--- MATERIAL PROVIDED Enclosed Below ---
ghost use Rattle.std.specs.Prelude.{◌≡◌, ◌+◌, ◌*◌, ◌^◌, ◌<◌, ◌++◌, ◌∷◌, [], length, nat_lt, replicate, true, slice_get, slice_index, IfOk, IfSome, OnOk};
ghost use Rattle.std.specs.Option.{option_and_then};
ghost use Rattle.std.specs.Ordering.{nat_cmp};
ghost use Rattle.gc_base.specs.Ascending.{Ascends};
ghost use Rattle.gc_search.specs.Arrivals.{arrivals_at, IsNotLast, IsSeen, Told};
ghost use Rattle.gc_search.specs.Links.{walk_of, IsTold};
ghost use Rattle.gc_search.specs.Places.{place_in, number_of, places_from, IsFresh, IsNumbered};
ghost use Rattle.gc_search.specs.Ranks.{AreNoLater};

use crate::comparing::have_same_edges;
use crate::link::Link;
use crate::tree::WalkTree;
use gc_base::{Id, Memory, Sequence};
use gc_prod::{Pair, Product};
use std::alloc::Global;
use std::marker::Model;

// The walks that are settled, in the order in which they were, and for each pair of a node and a state
// the places of those that arrive at it. Contracts see the product, the nodes, the number above the
// states, and the walks.
#[derive(Drop)]
pub(crate) struct Settled<'a> {
    pub(crate) tree: WalkTree<'a>,
    nodes: &'a [Id],
    width: usize,
    places: Vec<Sequence<usize>>,
}

impl<'a> Model for Settled<'a> {
    ghost use Rattle.gc_search.specs.Places.{Listing, IsListed};

    ghost Value = { Listing };

    ghost view = { λ s. record { setting = s.tree.setting; nodes = s.nodes.now; width = s.width; walks = s.tree.walks } };

    ghost invariant = { λ s. IsListed s.nodes.now s.width s.tree.walks s.places.items };
}

impl<'a> Settled<'a> {
    // No walk is settled. There is a list for each node of a product and each state below a number.
    pub(crate) fn of(alloc: Global, product: &'a Product<'a>) -> Result<Settled<'a>, Memory>
        ensures { IfOk result (λ settled. IsFresh product.now settled) }
    {
        let nodes = product.nodes();
        let width = product.width();
        let Some(size) = nodes.len().checked_mul(width) else {
            return Err(Memory);
        };
        let places = empty_lists(alloc, size)?;
        Ok(Settled {
            tree: WalkTree::of(alloc, product),
            nodes,
            width,
            places,
        })
    }

    // Whether the edges of a walk are those of one that is settled at its pair.
    pub(crate) fn is_seen(&self, next: &Link) -> bool
        ensures { Told result (IsSeen self.now.walks (walk_of self.now.setting self.now.walks next.now))
            (IsSeen self.now.walks (walk_of self.now.setting self.now.walks next.now) → ⊥) }
    {
        let places = self.places_at(&next.at);
        for i in 0..places.len() {
            if have_same_edges(&self.tree, self.tree.at(places[i]), next) {
                return true;
            }
        }
        false
    }

    // Whether the edges of a walk are those of the last one that is settled at its pair.
    pub(crate) fn is_last(&self, next: &Link) -> bool
        ensures { Told result (IsSeen self.now.walks (walk_of self.now.setting self.now.walks next.now))
            (IsNotLast self.now.walks (walk_of self.now.setting self.now.walks next.now)) }
    {
        let places = self.places_at(&next.at);
        if places.len() == 0 {
            return false;
        }
        let last = self.tree.at(places[places.len() - 1]);
        have_same_edges(&self.tree, last, next)
    }

    // How many are settled at a pair.
    pub(crate) fn count_at(&self, at: &Pair) -> usize
        ensures exact { result ≡ length (arrivals_at self.now.walks at.now) }
        ensures few { length self.now.walks < 2 ^ 63 }
    {
        let _few = self.tree.count();
        self.places_at(at).len()
    }

    // Whether fewer than k are settled at a pair.
    pub(crate) fn has_room(&self, at: &Pair, k: u32) -> bool
        ensures { result ≡ nat_lt (length (arrivals_at self.now.walks at.now)) k }
    {
        self.count_at(at) < k as usize
    }

    // The place of the i-th of those that are settled at a pair.
    pub(crate) fn place(&self, at: &Pair, i: usize) -> Option<usize>
        ensures exact { option_and_then (slice_get self.now.walks) result ≡ slice_get (arrivals_at self.now.walks at.now) i }
        ensures within { IfSome result (λ place. place < length self.now.walks) }
    {
        match self.places_at(at).get(i) {
            None => None,
            Some(place) => Some(*place),
        }
    }

    // Settles a walk behind the others, which come no later. Its pair has a number.
    pub(crate) fn push(&mut self, next: &Link) -> Result<(), Memory>
        requires number { IsNumbered self.old.nodes self.old.width next.now.at }
        requires told { IsTold self.old.setting self.old.walks next.now }
        requires later { AreNoLater self.old.walks (walk_of self.old.setting self.old.walks next.now) }
        ensures { OnOk result (self.new ≡ record self.old { walks = self.old.walks ++ walk_of self.old.setting self.old.walks next.now ∷ [] }) }
    {
        let Some(number) = number_of(self.nodes, self.width, &next.at) else {
            unreachable!()
        };
        let place = self.tree.count();
        self.tree.push(*next)?;
        match self.places[number].push(place) {
            Ok(()) => Ok(()),
            Err(refused) => {
                self.tree.pop();
                Err(refused)
            }
        }
    }

    // The places of those that are settled at a pair.
    fn places_at(&self, at: &Pair) -> &[usize]
        ensures { result.now ≡ places_from 0 self.now.walks at.now }
    {
        match number_of(self.nodes, self.width, at) {
            None => &[],
            Some(number) => self.places[number].as_slice(),
        }
    }
}

// So many lists of no places.
fn empty_lists(alloc: Global, size: usize) -> Result<Vec<Sequence<usize>>, Memory>
    ensures { IfOk result (λ lists. lists.items ≡ replicate size []) }
{
    let mut lists = Vec::with_capacity(alloc, size)?;
    for _ in 0..size {
        lists.push(Sequence::new(alloc))?;
    }
    Ok(lists)
}

// The number of a pair, if its node is among some and its state below a number.
fn number_of(nodes: &[Id], width: usize, at: &Pair) -> Option<usize>
    requires ascend { Ascends nat_cmp nodes.now }
    requires room { length nodes.now * width < 2 ^ 64 }
    ensures exact { result ≡ number_of nodes.now width at.now }
    ensures within { IfSome result (λ n. n < length nodes.now * width) }
{
    let state = at.state as usize;
    if state < width {
        match place_of(nodes, at.node) {
            None => None,
            Some(place) => Some(place * width + state),
        }
    } else {
        None
    }
}

// The place of a node among ascending ones. Where they are close together, it is looked for first where
// it stands if none is left out.
fn place_of(nodes: &[Id], node: Id) -> Option<usize>
    requires { Ascends nat_cmp nodes.now }
    ensures exact { result ≡ place_in nodes.now node }
    ensures within { IfSome result (λ place. place < length nodes.now) }
{
    let guess = guessed(nodes, node);
    if stands_at(nodes, guess, node) {
        Some(guess)
    } else {
        halved(nodes, node)
    }
}

fn guessed(nodes: &[Id], node: Id) -> usize {
    match nodes.first() {
        None => 0,
        Some(first) => node.get().saturating_sub(first.get()) as usize,
    }
}

fn stands_at(nodes: &[Id], place: usize, node: Id) -> bool
    ensures within { result ≡ true → place < length nodes.now }
    ensures there { result ≡ true → slice_index nodes.now place ≡ node }
{
    place < nodes.len() && nodes[place] == node
}

// The same by halving.
fn halved(nodes: &[Id], node: Id) -> Option<usize>
    requires { Ascends nat_cmp nodes.now }
    ensures exact { result ≡ place_in nodes.now node }
    ensures within { IfSome result (λ place. place < length nodes.now) }
{
    match nodes.binary_search_by(|other| other.cmp(&node)) {
        Ok(place) => Some(place),
        Err(_) => None,
    }
}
--- End of Enclosed MATERIAL PROVIDED ---
Every line from the top of the material through the line containing "use crate::link::Link;" must be transcribed exactly, and no other line may appear.

**ANSWER AREA:**
ghost use Rattle.std.specs.Prelude.{◌≡◌, ◌+◌, ◌*◌, ◌^◌, ◌<◌, ◌++◌, ◌∷◌, [], length, nat_lt, replicate, true, slice_get, slice_index, IfOk, IfSome, OnOk};
ghost use Rattle.std.specs.Option.{option_and_then};
ghost use Rattle.std.specs.Ordering.{nat_cmp};
ghost use Rattle.gc_base.specs.Ascending.{Ascends};
ghost use Rattle.gc_search.specs.Arrivals.{arrivals_at, IsNotLast, IsSeen, Told};
ghost use Rattle.gc_search.specs.Links.{walk_of, IsTold};
ghost use Rattle.gc_search.specs.Places.{place_in, number_of, places_from, IsFresh, IsNumbered};
ghost use Rattle.gc_search.specs.Ranks.{AreNoLater};

use crate::comparing::have_same_edges;
use crate::link::Link;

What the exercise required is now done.